** EXTRACTED DATA follows **

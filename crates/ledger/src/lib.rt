#![tactic(auto)]

ghost use Rattle.ledger.specs.Cases.{KnownAnswers};
ghost use Rattle.ledger.specs.Laws.{SizeRule, SizeLaws, Openings, WouldWrite, Refusals, NumbersGiven, EmptyWrite};
ghost use Rattle.ledger.specs.Laws.{StaysSound, EachEventOnce, Registrations, ReadersHold, EqualTotals, EqualWaiting, RunIsOneWrite, EqualAfterWrites};
ghost use Rattle.ledger.specs.Port.{PortsKeepLaws};

// Each function's contract is a law of the ledger, for every kind of event `E`. Nothing is computed.

// The ledger gives each known answer.
pub fn known_answers_hold()
    ensures { KnownAnswers }
{}

// A size below the need becomes the smallest of 2, 4, 8 and so on times itself that is at least the need; any other stays.
pub fn size_is_smallest_doubling()
    ensures { SizeRule }
{}

// The new size is at least the need and the old size, and the same in two steps as in one.
pub fn size_in_steps_is_size_at_once()
    ensures { SizeLaws }
{}

// The figures of an `Opening` are exactly those that no refusal of an opening applies to.
pub fn openings_are_exactly_the_unrefused_figures<E>()
    ensures { Openings E }
{}

// Would-write says yes exactly when some number is open.
pub fn would_write_exactly_when_a_reader_is_open<E>()
    ensures { WouldWrite E }
{}

// A call is refused exactly when one of its conditions holds; it answers its number then, and changes nothing.
pub fn refused_exactly_when_a_condition_holds<E>()
    ensures { Refusals E }
{}

// A number just closed is the next to be given out; a number given out was shut, and begins with nothing unread.
pub fn last_freed_number_is_given_out_first<E>()
    ensures { NumbersGiven E }
{}

// An empty write is accepted, answers the size and changes nothing.
pub fn empty_write_changes_nothing<E>()
    ensures { EmptyWrite E }
{}

// Every ledger reached is sound: sizes, numbers and unread lists keep their bounds.
pub fn every_reached_ledger_is_sound<E>()
    ensures { StaysSound E }
{}

// An open reader gets each accepted event once and in order.
pub fn each_event_once_and_in_order<E>()
    ensures { EachEventOnce E }
{}

// Each accepted registration is one reader's, and each open number is an open reader's.
pub fn each_registration_is_one_reader<E>()
    ensures { Registrations E }
{}

// A reader was handed all that was accepted up to its last read, and what was accepted since waits for it.
pub fn readers_are_handed_all_up_to_their_last_read<E>()
    ensures { ReadersHold E }
{}

// Two readers have equal totals exactly when equal events were accepted from registration to last read.
pub fn equal_totals_exactly_when_equal_events_accepted<E>()
    ensures { EqualTotals E }
{}

// Two open readers have equal lists waiting exactly when equally many events were accepted since the last read of each.
pub fn equal_waiting_lists_exactly_when_equally_many_accepted<E>()
    ensures { EqualWaiting E }
{}

// A run of accepted writes leaves what one write of their joined events leaves.
pub fn run_of_writes_is_one_write<E>()
    ensures { RunIsOneWrite E }
{}

// Two equal channels, each after a run of accepted writes, are equal exactly when the joined events are.
pub fn equal_channels_exactly_when_equal_joined_events<E>()
    ensures { EqualAfterWrites E }
{}

// Every program whose calls answer as the ledger's do keeps the laws.
pub fn programs_that_answer_as_the_ledger_keep_its_laws<E, S>()
    ensures { PortsKeepLaws E S }
{}
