// What holds of the pairs of every plan. The function does nothing, and its contract is the theorem.

ghost use Rattle.std.specs.Prelude.{ℕ, ◌↔◌, Contains, AllPairs};
ghost use Rattle.plan_core.specs.Contents.{Contents};
ghost use Rattle.plan_core.specs.Lawful.{IsPair};
ghost use Rattle.plan_core.specs.Pairs.{pairs_of, IsBefore};

/// The pairs of a plan are its lawful sets of two participants, each once and in dictionary order.
pub fn pairs_are_lawful_sets_of_two()
    ensures lawful { (plan : Contents) (x y : ℕ) → Contains (pairs_of plan) (x, y) ↔ IsPair plan x y }
    ensures ordered { (plan : Contents) → AllPairs IsBefore (pairs_of plan) }
{}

** End of EXTRACTED DATA **

WHAT YOU ARE ASKED TO DO:
Write out the lines of the listing from the one with "Contents) (x y" to the very end, inclusive, exactly as they appear and with nothing added.

EXERCISE ANSWER:
    ensures lawful { (plan : Contents) (x y : ℕ) → Contains (pairs_of plan) (x, y) ↔ IsPair plan x y }
    ensures ordered { (plan : Contents) → AllPairs IsBefore (pairs_of plan) }
{}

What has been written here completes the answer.